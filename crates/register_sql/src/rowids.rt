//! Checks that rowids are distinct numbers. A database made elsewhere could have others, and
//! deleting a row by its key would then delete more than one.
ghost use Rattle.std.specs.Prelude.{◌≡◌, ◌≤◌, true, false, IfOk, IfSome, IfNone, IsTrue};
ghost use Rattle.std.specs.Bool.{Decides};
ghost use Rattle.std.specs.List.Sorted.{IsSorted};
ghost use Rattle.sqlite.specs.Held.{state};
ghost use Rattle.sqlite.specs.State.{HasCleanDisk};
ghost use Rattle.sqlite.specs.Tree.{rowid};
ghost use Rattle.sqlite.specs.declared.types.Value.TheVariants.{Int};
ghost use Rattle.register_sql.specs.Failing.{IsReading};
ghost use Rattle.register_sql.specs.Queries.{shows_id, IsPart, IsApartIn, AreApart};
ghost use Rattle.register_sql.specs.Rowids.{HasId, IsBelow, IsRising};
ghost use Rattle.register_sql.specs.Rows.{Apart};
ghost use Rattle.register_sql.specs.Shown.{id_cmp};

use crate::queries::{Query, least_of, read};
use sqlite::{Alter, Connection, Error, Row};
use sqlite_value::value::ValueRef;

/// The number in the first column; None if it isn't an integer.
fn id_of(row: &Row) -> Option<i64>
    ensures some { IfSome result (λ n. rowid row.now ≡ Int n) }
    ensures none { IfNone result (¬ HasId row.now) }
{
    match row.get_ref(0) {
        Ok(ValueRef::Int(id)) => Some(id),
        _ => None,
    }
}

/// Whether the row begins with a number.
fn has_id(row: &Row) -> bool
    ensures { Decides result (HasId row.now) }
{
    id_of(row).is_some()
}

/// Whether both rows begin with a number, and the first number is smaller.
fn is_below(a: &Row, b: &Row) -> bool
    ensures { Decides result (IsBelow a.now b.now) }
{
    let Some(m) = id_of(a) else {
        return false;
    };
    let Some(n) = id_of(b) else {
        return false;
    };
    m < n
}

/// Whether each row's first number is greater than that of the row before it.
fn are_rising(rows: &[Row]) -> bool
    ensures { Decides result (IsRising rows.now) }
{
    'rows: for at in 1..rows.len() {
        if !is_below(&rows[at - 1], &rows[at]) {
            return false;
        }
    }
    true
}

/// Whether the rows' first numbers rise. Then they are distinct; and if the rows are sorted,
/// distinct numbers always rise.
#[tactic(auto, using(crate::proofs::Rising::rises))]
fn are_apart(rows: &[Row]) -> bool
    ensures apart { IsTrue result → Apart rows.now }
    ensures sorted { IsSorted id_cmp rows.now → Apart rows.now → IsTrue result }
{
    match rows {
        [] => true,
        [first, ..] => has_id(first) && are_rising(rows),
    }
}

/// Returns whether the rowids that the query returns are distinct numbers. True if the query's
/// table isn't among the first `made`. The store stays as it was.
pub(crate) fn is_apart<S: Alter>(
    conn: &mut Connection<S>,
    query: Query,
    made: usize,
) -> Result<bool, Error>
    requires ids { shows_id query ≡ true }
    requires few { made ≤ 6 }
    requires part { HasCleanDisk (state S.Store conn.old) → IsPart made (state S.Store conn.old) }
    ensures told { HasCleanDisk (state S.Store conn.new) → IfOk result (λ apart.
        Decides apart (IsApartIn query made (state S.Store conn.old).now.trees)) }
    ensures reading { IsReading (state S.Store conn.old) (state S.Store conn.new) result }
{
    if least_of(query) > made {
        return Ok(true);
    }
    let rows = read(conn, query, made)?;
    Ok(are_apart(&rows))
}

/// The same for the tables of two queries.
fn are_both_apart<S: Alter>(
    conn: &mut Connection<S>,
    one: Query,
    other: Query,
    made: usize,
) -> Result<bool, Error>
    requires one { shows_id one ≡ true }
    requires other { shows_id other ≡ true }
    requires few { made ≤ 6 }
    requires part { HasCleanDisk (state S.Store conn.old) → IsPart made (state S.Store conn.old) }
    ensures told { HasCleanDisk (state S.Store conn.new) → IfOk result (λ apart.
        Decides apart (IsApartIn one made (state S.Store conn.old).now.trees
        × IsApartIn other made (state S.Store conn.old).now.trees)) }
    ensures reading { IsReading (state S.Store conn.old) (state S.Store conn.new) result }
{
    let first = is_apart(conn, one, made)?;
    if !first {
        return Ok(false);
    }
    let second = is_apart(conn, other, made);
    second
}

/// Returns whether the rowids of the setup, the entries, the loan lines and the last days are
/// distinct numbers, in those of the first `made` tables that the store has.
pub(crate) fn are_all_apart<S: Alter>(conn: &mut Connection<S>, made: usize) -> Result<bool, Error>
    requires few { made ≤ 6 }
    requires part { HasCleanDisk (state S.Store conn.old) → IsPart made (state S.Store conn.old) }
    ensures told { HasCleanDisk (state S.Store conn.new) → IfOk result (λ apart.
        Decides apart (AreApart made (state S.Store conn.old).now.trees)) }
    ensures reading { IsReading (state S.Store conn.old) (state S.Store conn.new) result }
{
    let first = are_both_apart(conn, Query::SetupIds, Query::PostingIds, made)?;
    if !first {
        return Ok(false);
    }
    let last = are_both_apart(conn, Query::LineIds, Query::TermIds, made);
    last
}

────────────────

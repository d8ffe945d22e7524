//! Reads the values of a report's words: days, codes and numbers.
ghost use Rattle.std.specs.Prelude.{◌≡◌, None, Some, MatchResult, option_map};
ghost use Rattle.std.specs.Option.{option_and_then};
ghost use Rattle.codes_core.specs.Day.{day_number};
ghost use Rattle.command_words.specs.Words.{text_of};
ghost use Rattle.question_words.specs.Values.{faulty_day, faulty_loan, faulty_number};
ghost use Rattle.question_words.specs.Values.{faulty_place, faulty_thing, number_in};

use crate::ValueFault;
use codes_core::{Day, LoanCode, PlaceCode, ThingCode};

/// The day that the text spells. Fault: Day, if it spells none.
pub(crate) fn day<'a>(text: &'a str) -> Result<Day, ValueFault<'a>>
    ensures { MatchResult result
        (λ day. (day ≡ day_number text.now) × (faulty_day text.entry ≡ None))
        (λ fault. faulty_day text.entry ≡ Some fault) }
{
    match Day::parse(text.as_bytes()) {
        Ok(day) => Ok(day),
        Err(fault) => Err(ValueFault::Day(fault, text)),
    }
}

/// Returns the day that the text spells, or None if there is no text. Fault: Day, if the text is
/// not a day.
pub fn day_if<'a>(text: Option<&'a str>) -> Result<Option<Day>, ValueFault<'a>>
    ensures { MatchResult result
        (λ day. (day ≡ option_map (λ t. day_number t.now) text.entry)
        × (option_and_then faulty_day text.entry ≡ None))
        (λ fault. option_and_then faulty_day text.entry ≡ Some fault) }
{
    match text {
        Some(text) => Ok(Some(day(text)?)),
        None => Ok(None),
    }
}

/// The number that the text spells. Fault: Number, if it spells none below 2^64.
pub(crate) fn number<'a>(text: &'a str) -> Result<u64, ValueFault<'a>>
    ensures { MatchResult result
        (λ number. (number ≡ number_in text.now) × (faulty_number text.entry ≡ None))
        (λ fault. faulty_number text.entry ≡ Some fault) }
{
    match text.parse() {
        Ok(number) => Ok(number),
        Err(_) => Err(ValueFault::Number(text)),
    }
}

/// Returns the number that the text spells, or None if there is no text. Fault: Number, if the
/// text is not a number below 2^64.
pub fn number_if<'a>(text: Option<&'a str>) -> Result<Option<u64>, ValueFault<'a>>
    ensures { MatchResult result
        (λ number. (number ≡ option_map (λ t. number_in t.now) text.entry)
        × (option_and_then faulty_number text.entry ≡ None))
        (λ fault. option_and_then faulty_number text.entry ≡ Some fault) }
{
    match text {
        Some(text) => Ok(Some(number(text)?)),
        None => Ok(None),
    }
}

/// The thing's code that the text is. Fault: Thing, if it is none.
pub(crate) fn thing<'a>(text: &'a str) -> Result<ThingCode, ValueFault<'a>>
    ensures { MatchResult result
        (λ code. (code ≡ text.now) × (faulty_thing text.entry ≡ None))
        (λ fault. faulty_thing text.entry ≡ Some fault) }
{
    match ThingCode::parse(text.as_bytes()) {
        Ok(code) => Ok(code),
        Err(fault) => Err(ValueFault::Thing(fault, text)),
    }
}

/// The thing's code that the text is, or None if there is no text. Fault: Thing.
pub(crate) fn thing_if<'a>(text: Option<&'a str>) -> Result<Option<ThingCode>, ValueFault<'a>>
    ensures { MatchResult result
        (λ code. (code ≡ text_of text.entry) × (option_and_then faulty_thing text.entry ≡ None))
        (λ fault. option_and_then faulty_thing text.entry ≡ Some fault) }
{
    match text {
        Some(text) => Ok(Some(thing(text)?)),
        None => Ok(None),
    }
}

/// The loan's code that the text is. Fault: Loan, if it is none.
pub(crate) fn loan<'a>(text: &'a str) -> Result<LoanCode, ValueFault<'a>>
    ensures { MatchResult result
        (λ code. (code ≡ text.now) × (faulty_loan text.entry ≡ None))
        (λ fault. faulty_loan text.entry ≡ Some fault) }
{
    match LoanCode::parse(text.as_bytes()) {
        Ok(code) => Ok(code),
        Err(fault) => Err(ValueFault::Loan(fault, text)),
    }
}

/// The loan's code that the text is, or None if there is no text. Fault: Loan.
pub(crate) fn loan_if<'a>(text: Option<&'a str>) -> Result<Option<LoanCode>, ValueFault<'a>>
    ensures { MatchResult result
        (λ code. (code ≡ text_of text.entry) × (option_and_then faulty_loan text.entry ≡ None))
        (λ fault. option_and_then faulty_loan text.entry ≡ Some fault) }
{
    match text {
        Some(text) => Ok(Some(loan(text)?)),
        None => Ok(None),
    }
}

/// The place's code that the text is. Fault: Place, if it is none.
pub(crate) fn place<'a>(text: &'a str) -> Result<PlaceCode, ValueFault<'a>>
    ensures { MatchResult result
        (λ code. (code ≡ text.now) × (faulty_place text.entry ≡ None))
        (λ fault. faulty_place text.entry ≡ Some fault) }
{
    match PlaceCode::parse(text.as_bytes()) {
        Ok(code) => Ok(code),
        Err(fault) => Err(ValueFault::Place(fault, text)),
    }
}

────────────────

§ Your goal
Please copy, exactly as written, every line in the listing above from the line with "filename crates/register_sql/src/rowids.rt" up to and including the line with "fn are_rising(rows: &[Row]) -> bool".

§ Answer below
filename crates/register_sql/src/rowids.rt
//! Checks that rowids are distinct numbers. A database made elsewhere could have others, and
//! deleting a row by its key would then delete more than one.
ghost use Rattle.std.specs.Prelude.{◌≡◌, ◌≤◌, true, false, IfOk, IfSome, IfNone, IsTrue};
ghost use Rattle.std.specs.Bool.{Decides};
ghost use Rattle.std.specs.List.Sorted.{IsSorted};
ghost use Rattle.sqlite.specs.Held.{state};
ghost use Rattle.sqlite.specs.State.{HasCleanDisk};
ghost use Rattle.sqlite.specs.Tree.{rowid};
ghost use Rattle.sqlite.specs.declared.types.Value.TheVariants.{Int};
ghost use Rattle.register_sql.specs.Failing.{IsReading};
ghost use Rattle.register_sql.specs.Queries.{shows_id, IsPart, IsApartIn, AreApart};
ghost use Rattle.register_sql.specs.Rowids.{HasId, IsBelow, IsRising};
ghost use Rattle.register_sql.specs.Rows.{Apart};
ghost use Rattle.register_sql.specs.Shown.{id_cmp};

use crate::queries::{Query, least_of, read};
use sqlite::{Alter, Connection, Error, Row};
use sqlite_value::value::ValueRef;

/// The number in the first column; None if it isn't an integer.
fn id_of(row: &Row) -> Option<i64>
    ensures some { IfSome result (λ n. rowid row.now ≡ Int n) }
    ensures none { IfNone result (¬ HasId row.now) }
{
    match row.get_ref(0) {
        Ok(ValueRef::Int(id)) => Some(id),
        _ => None,
    }
}

/// Whether the row begins with a number.
fn has_id(row: &Row) -> bool
    ensures { Decides result (HasId row.now) }
{
    id_of(row).is_some()
}

/// Whether both rows begin with a number, and the first number is smaller.
fn is_below(a: &Row, b: &Row) -> bool
    ensures { Decides result (IsBelow a.now b.now) }
{
    let Some(m) = id_of(a) else {
        return false;
    };
    let Some(n) = id_of(b) else {
        return false;
    };
    m < n
}

/// Whether each row's first number is greater than that of the row before it.
fn are_rising(rows: &[Row]) -> bool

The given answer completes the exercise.